Problem: Counting only lines of the listing below that hold the word "match", give the total and nothing else.
==========
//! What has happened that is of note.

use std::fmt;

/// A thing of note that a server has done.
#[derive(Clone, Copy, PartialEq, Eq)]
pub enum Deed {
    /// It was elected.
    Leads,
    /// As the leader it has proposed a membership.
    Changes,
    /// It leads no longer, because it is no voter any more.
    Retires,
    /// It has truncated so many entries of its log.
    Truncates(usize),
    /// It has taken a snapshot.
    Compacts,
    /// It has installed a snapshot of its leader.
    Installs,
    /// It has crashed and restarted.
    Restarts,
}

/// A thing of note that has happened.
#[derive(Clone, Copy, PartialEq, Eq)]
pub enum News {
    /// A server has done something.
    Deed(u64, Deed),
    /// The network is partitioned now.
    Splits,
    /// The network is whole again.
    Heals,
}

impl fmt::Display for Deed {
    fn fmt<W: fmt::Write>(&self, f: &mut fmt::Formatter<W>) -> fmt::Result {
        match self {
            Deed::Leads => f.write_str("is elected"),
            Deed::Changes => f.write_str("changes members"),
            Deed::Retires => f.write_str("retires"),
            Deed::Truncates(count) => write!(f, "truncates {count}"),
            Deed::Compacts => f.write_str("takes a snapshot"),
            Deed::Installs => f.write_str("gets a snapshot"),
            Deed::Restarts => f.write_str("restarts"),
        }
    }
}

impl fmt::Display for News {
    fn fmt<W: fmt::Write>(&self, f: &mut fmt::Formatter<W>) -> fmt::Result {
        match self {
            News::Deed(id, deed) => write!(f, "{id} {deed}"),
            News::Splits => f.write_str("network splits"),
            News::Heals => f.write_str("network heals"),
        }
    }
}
==========
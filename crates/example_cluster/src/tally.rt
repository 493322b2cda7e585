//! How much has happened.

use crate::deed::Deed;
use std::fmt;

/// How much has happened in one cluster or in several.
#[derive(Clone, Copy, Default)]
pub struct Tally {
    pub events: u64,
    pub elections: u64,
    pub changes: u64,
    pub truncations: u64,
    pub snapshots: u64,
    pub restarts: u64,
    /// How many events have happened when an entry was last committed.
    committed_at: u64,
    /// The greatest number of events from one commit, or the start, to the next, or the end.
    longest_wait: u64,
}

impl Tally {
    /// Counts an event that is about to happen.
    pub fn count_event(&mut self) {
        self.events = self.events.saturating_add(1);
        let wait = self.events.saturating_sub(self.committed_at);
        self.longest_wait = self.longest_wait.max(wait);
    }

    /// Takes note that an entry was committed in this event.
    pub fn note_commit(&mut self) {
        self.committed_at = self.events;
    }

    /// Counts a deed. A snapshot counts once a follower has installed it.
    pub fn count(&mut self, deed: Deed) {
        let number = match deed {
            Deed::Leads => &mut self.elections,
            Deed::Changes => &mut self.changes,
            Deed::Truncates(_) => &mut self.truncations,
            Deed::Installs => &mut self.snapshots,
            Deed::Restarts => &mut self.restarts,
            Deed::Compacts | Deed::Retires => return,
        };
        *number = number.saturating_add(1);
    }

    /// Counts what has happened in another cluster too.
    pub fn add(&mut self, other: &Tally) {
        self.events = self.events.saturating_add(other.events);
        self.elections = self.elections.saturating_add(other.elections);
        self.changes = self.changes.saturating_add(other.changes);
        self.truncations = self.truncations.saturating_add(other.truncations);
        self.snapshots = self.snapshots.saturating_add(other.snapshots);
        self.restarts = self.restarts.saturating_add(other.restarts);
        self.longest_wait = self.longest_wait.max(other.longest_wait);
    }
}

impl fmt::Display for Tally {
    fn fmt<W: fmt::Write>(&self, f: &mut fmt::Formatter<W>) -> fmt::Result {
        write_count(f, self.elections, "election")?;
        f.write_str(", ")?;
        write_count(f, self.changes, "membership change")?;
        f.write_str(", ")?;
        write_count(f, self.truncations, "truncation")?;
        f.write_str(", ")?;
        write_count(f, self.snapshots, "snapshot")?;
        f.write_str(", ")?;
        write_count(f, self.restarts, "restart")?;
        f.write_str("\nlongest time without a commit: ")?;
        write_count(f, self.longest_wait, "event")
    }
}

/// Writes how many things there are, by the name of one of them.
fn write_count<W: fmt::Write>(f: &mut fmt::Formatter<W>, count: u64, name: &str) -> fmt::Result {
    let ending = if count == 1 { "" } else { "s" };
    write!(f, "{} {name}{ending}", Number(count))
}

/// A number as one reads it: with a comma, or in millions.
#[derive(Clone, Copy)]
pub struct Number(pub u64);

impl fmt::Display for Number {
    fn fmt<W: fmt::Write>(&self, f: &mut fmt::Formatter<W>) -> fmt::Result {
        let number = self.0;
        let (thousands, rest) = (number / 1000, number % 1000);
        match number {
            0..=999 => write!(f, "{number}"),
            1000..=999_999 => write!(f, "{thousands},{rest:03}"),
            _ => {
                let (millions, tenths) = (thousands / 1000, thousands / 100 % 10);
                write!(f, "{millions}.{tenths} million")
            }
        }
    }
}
==========
Reply to the exercise: 4